26:30 I will destroy your high places and cut down your incense altars, and I will stack your dead bodies on top of the lifeless bodies of your idols. I will abhor you. 26:31 I will lay your cities waste and make your sanctuaries desolate, and I will refuse to smell your soothing aromas. 26:32 I myself will make the land desolate and your enemies who live in it will be appalled. 26:33 I will scatter you among the nations and unsheathe the sword after you, so your land will become desolate and your cities will become a waste.

26:34 “‘Then the land will make up for its Sabbaths all the days it lies desolate while you are in the land of your enemies; then the land will rest and make up its Sabbaths. 26:35 All the days of the desolation it will have the rest it did not have on your Sabbaths when you lived on it.

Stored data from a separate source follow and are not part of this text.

//! What the statements of a library say.

use crate::master::{Master, MasterPin};
use eco_common::{Dir, Size};

/// A statement in a pin. `Used` says whether the use is POWER or GROUND.
#[derive(Drop)]
pub enum PinStatement {
    Directed(Dir),
    Used(bool),
    Other,
}

/// A statement in a macro.
#[derive(Drop)]
pub enum MacroStatement {
    Sized(Size),
    Pinned(MasterPin),
    Other,
}

/// A statement at the library level.
#[derive(Drop)]
pub enum LibraryStatement {
    Defined(Master),
    Other,
}
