//! A reader of a library: the words of its text, one ahead, and the faults of a library at the next word.

ghost use Rattle.std.specs.Prelude.{◌≡◌, ◌≤◌, length};
ghost use Rattle.eco_text.specs.Words.{walk_of};
ghost use Rattle.eco_text.specs.Cursor.{token};
ghost use Rattle.eco_text.specs.Numbers.{microns_of};
ghost use Rattle.eco_lef.specs.declared.fault.LefFault.TheVariants.{Unended, BadStatement, TwiceNamed, TooManyMasters, ArrayBlock};
ghost use Rattle.eco_lef.specs.Parsing.{any, pass_one as one_passed, fault_at, word as word_at, name as name_at, valued};
ghost use Rattle.eco_lef.specs.Reading.{Reads, Tells, left, as_is};

use crate::fault::LefFault;
use eco_common::{MAX_DEF_BYTES, Name};
use eco_text::{Word, WordReader, read_microns};
use std::alloc::Global;

#[derive(Drop)]
pub struct Reader<'a> {
    pub alloc: Global,
    pub words: WordReader<'a>,
}

impl<'a> Reader<'a> {
    pub fn new(alloc: Global, text: &'a [u8]) -> Reader<'a>
        requires { length text.now ≤ MAX_DEF_BYTES }
        ensures text { result.words.text ≡ text.now }
        ensures left { left result.words ≡ walk_of text.now }
    {
        Reader {
            alloc,
            words: WordReader::new(text),
        }
    }

    /// The fault of a text that ends within a block of this name.
    pub fn unended(&self, inside: &[u8]) -> LefFault
        ensures { Tells (Unended inside.now) result }
    {
        match Name::of(self.alloc, inside) {
            Ok(name) => LefFault::Unended { name },
            Err(_) => LefFault::Memory,
        }
    }

    /// The fault of a word that can't stand here.
    pub fn bad_statement(&self, inside: &[u8]) -> LefFault
        ensures { Tells (fault_at inside.now BadStatement (left self.now.words)) result }
    {
        match self.words.ahead() {
            Ok(Some(word)) => LefFault::BadStatement { place: word.start },
            Ok(None) => self.unended(inside),
            Err(fault) => LefFault::Text(fault),
        }
    }

    /// The fault of a name that stands a second time.
    pub fn twice_named(&self, inside: &[u8]) -> LefFault
        ensures { Tells (fault_at inside.now TwiceNamed (left self.now.words)) result }
    {
        match self.words.ahead() {
            Ok(Some(word)) => LefFault::TwiceNamed { place: word.start },
            _ => self.bad_statement(inside),
        }
    }

    /// The fault of a macro's name for which there is no room.
    pub fn too_many_masters(&self, inside: &[u8]) -> LefFault
        ensures { Tells (fault_at inside.now TooManyMasters (left self.now.words)) result }
    {
        match self.words.ahead() {
            Ok(Some(word)) => LefFault::TooManyMasters { place: word.start },
            _ => self.bad_statement(inside),
        }
    }

    /// The fault of an `ARRAY`.
    pub fn array_block(&self, inside: &[u8]) -> LefFault
        ensures { Tells (fault_at inside.now ArrayBlock (left self.now.words)) result }
    {
        match self.words.ahead() {
            Ok(Some(word)) => LefFault::ArrayBlock { place: word.start },
            _ => self.bad_statement(inside),
        }
    }

    /// The next word, whatever it is.
    #[tactic(auto, using(crate::proofs::Telling::told))]
    pub fn take(&mut self, inside: &[u8]) -> Result<Word, LefFault>
        ensures { Reads 1 token (any inside.now) self.old.words self.new.words result }
    {
        match self.words.take() {
            Ok(Some(word)) => Ok(word),
            Ok(None) => Err(self.unended(inside)),
            Err(fault) => Err(LefFault::Text(fault)),
        }
    }

    /// One word, if there is one.
    pub fn pass_one(&mut self) -> Result<(), LefFault>
        ensures { Reads 0 as_is one_passed self.old.words self.new.words result }
    {
        match self.words.take() {
            Ok(_) => Ok(()),
            Err(fault) => Err(LefFault::Text(fault)),
        }
    }

    /// The next word, which is to be this one.
    #[tactic(auto, using(crate::proofs::Telling::told))]
    pub fn word(&mut self, inside: &[u8], keyword: &[u8]) -> Result<Word, LefFault>
        ensures { Reads 1 token (word_at inside.now keyword.now) self.old.words self.new.words result }
    {
        if !self.words.next_is(keyword) {
            return Err(self.bad_statement(inside));
        }
        self.take(inside)
    }

    /// The next word, which is to be a name.
    #[tactic(auto, using(crate::proofs::Telling::told))]
    pub fn name(&mut self, inside: &[u8]) -> Result<Word, LefFault>
        ensures { Reads 1 token (name_at inside.now) self.old.words self.new.words result }
    {
        if !self.words.next_is_name() {
            return Err(self.bad_statement(inside));
        }
        self.take(inside)
    }

    /// A length in millionths of a micron.
    #[tactic(auto, using(crate::proofs::Telling::told))]
    pub fn microns(&mut self, inside: &[u8]) -> Result<u64, LefFault>
        ensures { Reads 1 as_is (valued inside.now microns_of) self.old.words self.new.words result }
    {
        match read_microns(self.words.bytes_ahead()) {
            Ok(length) => {
                self.take(inside)?;
                Ok(length)
            }
            Err(_) => Err(self.bad_statement(inside)),
        }
    }
}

sn Regarding these cultic installations, see the remarks in B. A. Levine, Leviticus (JPSTC), 188, and R. E. Averbeck, NIDOTTE 2:903. The term rendered “incense altars” might better be rendered “sanctuaries [of foreign deities]” or “stelae.”

tn The translation reflects the Hebrew wordplay “your corpses…the corpses of your idols.” Since idols, being lifeless, do not really have “corpses,” the translation uses “dead bodies” for people and “lifeless bodies” for the idols.

tn Heb “and my soul will abhor you.”

tn Heb “And I will give your cities a waste”; NLT “make your cities desolate.”

tn Heb “and I will empty sword” (see HALOT 1228 s.v. ריק 3).

tn There are two Hebrew roots רָצָה (ratsah), one meaning “to be pleased with; to take pleasure” (HALOT 1280-81 s.v. רצה; cf. “enjoy” in NASB, NIV, NRSV, and J. E. Hartley, Leviticus [WBC], 452), and the other meaning “to restore” (HALOT 1281-82 s.v. II רצה; cf. NAB “retrieve” and B. A. Levine, Leviticus [JPSTC], 189).

tn Heb “it shall rest which it did not rest.”